[Records contained in a dataset]

■ ■ ■

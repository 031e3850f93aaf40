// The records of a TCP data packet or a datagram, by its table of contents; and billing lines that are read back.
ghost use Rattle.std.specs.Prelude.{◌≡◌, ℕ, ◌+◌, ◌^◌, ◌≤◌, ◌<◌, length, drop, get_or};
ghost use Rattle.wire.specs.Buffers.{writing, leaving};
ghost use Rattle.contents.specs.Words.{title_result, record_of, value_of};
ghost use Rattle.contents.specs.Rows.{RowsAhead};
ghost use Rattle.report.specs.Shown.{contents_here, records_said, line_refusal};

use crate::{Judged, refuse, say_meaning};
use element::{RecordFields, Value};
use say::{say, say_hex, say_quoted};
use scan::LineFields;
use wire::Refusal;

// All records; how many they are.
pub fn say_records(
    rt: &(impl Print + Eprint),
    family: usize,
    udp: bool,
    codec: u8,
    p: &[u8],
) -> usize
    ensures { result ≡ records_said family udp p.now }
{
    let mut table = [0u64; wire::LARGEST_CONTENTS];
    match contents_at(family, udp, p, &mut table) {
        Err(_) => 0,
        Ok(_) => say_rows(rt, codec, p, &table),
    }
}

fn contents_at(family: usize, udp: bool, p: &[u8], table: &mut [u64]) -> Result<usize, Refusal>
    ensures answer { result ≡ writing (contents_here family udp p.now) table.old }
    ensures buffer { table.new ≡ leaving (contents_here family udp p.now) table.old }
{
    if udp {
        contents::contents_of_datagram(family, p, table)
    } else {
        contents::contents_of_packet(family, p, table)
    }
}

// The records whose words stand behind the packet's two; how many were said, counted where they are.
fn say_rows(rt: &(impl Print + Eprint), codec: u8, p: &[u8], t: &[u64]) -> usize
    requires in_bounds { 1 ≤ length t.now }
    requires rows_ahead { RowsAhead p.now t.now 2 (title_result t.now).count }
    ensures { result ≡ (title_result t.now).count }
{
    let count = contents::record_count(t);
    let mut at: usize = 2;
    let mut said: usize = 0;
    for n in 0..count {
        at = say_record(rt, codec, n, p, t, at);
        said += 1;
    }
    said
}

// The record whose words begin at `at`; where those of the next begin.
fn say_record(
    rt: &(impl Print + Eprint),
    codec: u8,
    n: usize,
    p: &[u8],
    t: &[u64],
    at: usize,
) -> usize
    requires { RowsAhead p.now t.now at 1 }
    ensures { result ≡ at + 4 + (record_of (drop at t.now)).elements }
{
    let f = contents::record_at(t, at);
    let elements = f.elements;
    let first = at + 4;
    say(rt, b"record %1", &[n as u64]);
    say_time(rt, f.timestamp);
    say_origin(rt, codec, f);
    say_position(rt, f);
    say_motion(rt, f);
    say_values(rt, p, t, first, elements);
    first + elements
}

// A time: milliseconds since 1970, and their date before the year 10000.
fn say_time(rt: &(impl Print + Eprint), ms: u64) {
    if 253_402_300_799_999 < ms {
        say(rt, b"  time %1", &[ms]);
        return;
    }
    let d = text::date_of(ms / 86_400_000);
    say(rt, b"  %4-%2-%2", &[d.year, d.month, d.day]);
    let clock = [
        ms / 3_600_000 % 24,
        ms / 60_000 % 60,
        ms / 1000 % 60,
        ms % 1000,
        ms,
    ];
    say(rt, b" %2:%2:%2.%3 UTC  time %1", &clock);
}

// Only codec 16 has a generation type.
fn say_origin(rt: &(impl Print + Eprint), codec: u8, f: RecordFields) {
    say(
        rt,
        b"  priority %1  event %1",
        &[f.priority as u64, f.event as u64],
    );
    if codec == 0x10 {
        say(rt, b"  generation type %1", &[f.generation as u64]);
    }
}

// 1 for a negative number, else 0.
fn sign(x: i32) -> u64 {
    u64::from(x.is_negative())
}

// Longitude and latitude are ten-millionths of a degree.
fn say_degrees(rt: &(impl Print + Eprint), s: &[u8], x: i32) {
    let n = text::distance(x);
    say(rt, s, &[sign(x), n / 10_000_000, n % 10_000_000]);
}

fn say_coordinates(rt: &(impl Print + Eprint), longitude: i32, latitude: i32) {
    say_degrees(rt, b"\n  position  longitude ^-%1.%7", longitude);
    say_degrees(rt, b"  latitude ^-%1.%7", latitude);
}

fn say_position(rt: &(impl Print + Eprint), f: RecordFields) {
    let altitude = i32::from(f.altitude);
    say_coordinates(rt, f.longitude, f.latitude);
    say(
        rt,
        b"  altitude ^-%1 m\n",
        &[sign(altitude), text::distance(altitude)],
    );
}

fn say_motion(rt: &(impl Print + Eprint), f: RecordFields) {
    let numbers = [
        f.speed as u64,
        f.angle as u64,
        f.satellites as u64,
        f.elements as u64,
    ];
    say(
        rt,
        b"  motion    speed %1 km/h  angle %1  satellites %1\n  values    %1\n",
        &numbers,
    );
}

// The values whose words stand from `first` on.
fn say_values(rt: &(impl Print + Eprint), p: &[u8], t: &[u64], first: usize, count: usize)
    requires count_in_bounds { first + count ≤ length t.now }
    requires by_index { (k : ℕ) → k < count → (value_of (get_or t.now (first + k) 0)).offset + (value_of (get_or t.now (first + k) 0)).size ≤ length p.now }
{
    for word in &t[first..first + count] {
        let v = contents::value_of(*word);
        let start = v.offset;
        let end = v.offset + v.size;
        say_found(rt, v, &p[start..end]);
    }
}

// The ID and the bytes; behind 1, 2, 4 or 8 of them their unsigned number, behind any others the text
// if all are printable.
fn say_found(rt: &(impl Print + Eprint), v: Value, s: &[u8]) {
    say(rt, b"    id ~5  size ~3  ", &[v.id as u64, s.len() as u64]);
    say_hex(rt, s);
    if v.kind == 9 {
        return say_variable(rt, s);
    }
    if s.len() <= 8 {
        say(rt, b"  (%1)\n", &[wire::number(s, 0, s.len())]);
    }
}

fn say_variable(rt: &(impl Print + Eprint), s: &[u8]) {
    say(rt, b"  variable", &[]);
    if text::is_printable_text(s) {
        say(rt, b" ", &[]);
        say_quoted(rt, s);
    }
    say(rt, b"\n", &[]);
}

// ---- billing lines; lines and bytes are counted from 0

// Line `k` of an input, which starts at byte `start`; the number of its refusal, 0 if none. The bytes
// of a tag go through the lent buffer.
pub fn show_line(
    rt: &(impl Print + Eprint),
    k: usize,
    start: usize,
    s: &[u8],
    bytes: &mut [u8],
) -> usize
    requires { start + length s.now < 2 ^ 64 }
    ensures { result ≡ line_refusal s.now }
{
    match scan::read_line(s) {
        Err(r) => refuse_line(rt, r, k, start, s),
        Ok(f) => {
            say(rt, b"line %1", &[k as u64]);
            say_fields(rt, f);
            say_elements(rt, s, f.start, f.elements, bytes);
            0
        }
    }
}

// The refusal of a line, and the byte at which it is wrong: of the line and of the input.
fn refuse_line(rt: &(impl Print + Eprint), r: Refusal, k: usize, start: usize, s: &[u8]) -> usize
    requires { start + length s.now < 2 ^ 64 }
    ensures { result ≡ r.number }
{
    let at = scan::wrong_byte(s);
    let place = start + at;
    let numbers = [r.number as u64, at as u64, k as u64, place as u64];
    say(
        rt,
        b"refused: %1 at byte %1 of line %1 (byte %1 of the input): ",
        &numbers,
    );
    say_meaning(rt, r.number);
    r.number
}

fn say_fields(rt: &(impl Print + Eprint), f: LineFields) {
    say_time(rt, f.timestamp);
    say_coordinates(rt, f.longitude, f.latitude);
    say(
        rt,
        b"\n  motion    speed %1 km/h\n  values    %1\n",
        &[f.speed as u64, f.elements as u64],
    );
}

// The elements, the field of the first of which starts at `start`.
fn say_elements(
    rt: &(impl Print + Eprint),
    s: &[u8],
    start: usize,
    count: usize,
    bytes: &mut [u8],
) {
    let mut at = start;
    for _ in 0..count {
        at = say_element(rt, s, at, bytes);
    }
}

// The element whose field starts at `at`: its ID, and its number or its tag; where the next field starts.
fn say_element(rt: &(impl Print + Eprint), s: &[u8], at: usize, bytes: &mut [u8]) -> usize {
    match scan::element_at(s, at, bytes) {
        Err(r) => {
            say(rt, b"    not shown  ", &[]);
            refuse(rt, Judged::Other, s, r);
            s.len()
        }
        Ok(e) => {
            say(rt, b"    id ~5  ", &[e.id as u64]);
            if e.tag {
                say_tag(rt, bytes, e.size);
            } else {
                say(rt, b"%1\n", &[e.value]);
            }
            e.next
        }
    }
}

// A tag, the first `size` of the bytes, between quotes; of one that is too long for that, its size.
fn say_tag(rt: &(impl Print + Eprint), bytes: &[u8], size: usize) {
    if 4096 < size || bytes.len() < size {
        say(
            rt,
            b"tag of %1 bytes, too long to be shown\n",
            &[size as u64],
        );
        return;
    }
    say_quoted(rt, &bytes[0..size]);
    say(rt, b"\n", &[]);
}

■ ■ ■

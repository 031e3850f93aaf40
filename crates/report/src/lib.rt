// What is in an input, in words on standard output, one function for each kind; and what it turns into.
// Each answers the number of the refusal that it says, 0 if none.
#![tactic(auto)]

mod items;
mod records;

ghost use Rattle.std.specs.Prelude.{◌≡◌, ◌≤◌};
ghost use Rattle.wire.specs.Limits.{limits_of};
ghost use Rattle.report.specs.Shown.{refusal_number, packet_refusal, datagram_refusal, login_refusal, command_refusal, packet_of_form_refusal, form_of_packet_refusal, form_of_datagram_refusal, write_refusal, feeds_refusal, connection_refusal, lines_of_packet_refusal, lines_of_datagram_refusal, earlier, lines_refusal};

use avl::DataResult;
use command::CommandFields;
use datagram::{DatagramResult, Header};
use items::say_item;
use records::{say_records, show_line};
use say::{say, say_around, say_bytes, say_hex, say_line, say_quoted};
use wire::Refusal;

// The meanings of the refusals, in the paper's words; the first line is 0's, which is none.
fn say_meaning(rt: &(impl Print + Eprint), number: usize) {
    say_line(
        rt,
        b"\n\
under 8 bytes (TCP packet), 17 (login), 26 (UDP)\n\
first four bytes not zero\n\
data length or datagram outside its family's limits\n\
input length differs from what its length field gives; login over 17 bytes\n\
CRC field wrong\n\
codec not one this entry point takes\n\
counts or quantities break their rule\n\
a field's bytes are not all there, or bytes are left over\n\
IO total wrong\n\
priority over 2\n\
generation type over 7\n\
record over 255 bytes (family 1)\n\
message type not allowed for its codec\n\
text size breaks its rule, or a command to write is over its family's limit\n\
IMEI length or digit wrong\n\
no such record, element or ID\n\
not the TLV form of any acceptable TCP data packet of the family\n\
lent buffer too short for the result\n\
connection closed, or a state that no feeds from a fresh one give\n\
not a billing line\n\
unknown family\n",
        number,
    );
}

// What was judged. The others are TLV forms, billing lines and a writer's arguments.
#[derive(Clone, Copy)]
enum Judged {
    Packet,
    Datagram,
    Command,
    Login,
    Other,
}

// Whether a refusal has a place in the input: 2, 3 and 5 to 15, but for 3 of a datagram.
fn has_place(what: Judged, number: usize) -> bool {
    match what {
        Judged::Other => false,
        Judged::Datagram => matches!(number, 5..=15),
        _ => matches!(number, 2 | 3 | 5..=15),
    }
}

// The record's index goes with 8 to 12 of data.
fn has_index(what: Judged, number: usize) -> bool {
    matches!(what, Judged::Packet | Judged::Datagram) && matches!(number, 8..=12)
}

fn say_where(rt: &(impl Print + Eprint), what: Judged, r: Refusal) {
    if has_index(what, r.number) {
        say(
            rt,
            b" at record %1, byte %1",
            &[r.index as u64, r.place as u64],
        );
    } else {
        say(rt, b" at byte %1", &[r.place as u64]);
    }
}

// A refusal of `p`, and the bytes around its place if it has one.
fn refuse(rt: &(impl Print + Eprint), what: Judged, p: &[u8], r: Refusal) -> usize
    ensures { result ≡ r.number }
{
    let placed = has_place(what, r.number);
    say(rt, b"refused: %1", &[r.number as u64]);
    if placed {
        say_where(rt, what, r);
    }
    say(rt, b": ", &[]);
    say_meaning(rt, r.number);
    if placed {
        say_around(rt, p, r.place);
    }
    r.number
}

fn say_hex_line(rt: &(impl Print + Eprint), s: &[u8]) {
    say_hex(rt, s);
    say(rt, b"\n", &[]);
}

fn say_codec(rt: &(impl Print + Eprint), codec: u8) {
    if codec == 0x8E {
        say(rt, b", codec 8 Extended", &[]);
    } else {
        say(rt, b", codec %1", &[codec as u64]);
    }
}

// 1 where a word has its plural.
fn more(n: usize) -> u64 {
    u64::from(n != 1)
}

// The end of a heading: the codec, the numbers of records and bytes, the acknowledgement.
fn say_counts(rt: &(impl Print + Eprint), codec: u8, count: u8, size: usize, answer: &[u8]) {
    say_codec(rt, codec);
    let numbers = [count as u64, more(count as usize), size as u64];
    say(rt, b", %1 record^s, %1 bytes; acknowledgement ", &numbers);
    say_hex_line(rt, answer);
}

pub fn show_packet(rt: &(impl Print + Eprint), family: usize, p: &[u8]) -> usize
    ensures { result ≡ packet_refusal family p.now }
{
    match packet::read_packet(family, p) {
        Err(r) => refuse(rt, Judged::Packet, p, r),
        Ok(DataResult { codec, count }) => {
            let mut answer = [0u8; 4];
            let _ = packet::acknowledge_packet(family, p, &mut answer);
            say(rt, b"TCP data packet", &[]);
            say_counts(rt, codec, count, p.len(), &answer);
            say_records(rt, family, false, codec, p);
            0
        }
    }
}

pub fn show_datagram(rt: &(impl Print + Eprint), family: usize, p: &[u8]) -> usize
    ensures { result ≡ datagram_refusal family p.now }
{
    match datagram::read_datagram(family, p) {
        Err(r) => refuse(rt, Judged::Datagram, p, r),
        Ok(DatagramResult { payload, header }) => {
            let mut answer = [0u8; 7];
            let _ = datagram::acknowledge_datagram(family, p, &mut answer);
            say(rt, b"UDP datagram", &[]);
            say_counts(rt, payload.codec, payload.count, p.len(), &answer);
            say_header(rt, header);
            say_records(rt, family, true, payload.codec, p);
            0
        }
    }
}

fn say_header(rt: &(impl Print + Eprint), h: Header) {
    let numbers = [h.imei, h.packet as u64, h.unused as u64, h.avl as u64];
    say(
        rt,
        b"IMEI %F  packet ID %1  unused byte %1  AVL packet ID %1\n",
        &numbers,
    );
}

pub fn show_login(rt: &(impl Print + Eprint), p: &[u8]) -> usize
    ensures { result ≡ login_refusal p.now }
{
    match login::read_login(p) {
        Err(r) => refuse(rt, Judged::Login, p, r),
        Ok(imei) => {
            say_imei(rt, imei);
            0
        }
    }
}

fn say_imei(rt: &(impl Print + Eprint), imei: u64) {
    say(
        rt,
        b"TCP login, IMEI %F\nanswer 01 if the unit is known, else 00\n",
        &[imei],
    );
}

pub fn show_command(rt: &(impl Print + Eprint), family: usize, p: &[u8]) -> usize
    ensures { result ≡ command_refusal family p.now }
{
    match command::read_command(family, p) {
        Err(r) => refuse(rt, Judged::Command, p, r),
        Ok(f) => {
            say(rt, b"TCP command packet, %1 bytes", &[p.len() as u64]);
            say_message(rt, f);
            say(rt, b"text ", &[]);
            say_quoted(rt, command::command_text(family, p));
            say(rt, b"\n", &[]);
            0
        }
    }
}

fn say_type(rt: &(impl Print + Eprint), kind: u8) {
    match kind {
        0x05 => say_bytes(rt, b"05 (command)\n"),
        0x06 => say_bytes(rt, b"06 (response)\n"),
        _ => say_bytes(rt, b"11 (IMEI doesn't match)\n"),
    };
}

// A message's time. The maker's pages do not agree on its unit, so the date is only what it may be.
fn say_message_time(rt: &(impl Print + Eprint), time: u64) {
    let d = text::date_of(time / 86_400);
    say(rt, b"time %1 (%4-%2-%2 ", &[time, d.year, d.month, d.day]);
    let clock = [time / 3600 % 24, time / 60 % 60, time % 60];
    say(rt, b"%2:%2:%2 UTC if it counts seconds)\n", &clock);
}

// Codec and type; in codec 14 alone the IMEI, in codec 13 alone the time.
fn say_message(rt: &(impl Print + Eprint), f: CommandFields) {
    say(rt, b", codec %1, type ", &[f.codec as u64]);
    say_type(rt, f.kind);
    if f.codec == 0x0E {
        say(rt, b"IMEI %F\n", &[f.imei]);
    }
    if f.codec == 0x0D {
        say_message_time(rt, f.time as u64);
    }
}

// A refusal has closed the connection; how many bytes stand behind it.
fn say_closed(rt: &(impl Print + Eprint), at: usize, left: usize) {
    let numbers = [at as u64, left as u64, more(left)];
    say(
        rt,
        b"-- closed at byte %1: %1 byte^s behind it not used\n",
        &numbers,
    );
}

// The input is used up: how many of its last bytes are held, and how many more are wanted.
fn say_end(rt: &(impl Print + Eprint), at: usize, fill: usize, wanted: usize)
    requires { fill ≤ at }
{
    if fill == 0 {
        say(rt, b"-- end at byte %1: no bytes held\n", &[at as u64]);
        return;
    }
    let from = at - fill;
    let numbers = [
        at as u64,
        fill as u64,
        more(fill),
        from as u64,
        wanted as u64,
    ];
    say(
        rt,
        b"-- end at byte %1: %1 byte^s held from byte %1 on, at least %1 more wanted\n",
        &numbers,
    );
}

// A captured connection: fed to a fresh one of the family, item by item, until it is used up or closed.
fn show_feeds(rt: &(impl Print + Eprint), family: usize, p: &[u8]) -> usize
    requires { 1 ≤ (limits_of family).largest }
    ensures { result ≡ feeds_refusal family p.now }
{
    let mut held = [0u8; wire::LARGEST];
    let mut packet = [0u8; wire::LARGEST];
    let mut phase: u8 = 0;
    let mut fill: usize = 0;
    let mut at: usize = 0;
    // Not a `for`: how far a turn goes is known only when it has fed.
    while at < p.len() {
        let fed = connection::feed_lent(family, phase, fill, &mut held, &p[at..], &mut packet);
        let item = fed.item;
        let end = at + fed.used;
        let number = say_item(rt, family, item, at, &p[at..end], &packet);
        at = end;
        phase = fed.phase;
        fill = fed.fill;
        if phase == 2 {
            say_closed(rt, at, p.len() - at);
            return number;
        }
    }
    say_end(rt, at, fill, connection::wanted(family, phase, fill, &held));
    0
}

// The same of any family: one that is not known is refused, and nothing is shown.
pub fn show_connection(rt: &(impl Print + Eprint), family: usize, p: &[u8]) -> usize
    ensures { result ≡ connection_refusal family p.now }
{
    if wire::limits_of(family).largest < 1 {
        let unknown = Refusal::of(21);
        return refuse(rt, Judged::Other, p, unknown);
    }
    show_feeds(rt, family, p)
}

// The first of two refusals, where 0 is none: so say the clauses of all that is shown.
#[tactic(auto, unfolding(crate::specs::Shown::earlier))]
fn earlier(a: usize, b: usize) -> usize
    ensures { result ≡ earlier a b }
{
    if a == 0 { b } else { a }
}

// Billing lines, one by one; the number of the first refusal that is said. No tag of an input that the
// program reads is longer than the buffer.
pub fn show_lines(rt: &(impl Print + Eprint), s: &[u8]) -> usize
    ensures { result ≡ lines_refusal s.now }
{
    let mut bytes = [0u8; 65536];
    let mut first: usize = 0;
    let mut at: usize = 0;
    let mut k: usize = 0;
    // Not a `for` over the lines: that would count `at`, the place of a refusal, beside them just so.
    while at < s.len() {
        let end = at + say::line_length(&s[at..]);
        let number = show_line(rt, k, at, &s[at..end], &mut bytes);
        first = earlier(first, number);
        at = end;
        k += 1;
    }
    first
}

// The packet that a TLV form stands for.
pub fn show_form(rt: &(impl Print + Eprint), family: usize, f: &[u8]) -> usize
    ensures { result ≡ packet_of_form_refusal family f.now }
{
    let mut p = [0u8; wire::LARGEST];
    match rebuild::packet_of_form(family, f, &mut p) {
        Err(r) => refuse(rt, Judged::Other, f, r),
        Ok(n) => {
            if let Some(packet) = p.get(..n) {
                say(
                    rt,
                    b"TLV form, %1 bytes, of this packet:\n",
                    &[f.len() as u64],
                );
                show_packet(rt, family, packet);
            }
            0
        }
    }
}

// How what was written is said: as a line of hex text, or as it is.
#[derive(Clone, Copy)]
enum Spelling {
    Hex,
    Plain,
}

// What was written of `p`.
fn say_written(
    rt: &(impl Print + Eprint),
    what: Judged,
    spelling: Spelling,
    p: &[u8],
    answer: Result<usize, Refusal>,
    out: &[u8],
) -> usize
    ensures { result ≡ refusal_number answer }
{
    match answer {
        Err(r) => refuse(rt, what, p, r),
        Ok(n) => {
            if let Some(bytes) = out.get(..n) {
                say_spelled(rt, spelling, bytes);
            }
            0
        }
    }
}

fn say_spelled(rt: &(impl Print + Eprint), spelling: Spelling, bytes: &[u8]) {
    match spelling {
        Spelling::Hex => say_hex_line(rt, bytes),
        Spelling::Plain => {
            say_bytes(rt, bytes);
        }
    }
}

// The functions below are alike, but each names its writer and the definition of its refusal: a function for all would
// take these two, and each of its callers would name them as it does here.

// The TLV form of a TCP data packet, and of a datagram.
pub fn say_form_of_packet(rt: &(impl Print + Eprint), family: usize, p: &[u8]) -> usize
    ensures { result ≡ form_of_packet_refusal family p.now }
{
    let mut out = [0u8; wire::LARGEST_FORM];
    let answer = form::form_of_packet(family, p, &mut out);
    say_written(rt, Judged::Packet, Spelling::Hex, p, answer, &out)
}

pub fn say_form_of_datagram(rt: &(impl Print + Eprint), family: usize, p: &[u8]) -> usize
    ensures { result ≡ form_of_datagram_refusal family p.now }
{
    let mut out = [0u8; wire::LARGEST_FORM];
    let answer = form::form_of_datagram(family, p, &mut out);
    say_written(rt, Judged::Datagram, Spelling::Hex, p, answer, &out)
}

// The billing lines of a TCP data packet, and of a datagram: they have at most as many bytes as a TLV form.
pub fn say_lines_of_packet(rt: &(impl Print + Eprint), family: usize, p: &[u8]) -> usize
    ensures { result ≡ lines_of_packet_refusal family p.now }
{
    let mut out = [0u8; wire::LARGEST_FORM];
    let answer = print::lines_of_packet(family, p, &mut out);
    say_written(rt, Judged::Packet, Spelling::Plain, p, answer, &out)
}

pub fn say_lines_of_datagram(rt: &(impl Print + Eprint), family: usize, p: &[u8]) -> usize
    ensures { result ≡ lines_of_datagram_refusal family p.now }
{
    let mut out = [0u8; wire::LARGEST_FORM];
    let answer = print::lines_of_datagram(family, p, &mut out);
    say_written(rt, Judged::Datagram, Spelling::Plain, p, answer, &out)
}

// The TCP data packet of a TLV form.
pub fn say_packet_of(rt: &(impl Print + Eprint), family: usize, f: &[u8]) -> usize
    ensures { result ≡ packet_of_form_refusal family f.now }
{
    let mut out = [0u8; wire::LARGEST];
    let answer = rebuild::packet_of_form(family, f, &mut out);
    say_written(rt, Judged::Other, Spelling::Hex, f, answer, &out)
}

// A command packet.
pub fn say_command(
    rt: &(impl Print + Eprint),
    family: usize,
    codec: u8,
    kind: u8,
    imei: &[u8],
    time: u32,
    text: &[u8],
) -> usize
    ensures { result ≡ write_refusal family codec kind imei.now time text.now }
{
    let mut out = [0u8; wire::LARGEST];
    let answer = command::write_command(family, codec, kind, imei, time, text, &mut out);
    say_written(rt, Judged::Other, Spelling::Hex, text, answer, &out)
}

■ ■ ■

## HOW TO COMPLETE THIS TASK:
What lines in the entries contain "refused"? Report each one by copying it.

## SOLUTION BELOW:
        b"refused: %1 at byte %1 of line %1 (byte %1 of the input): ",
    say(rt, b"refused: %1", &[r.number as u64]);
// The same of any family: one that is not known is refused, and nothing is shown.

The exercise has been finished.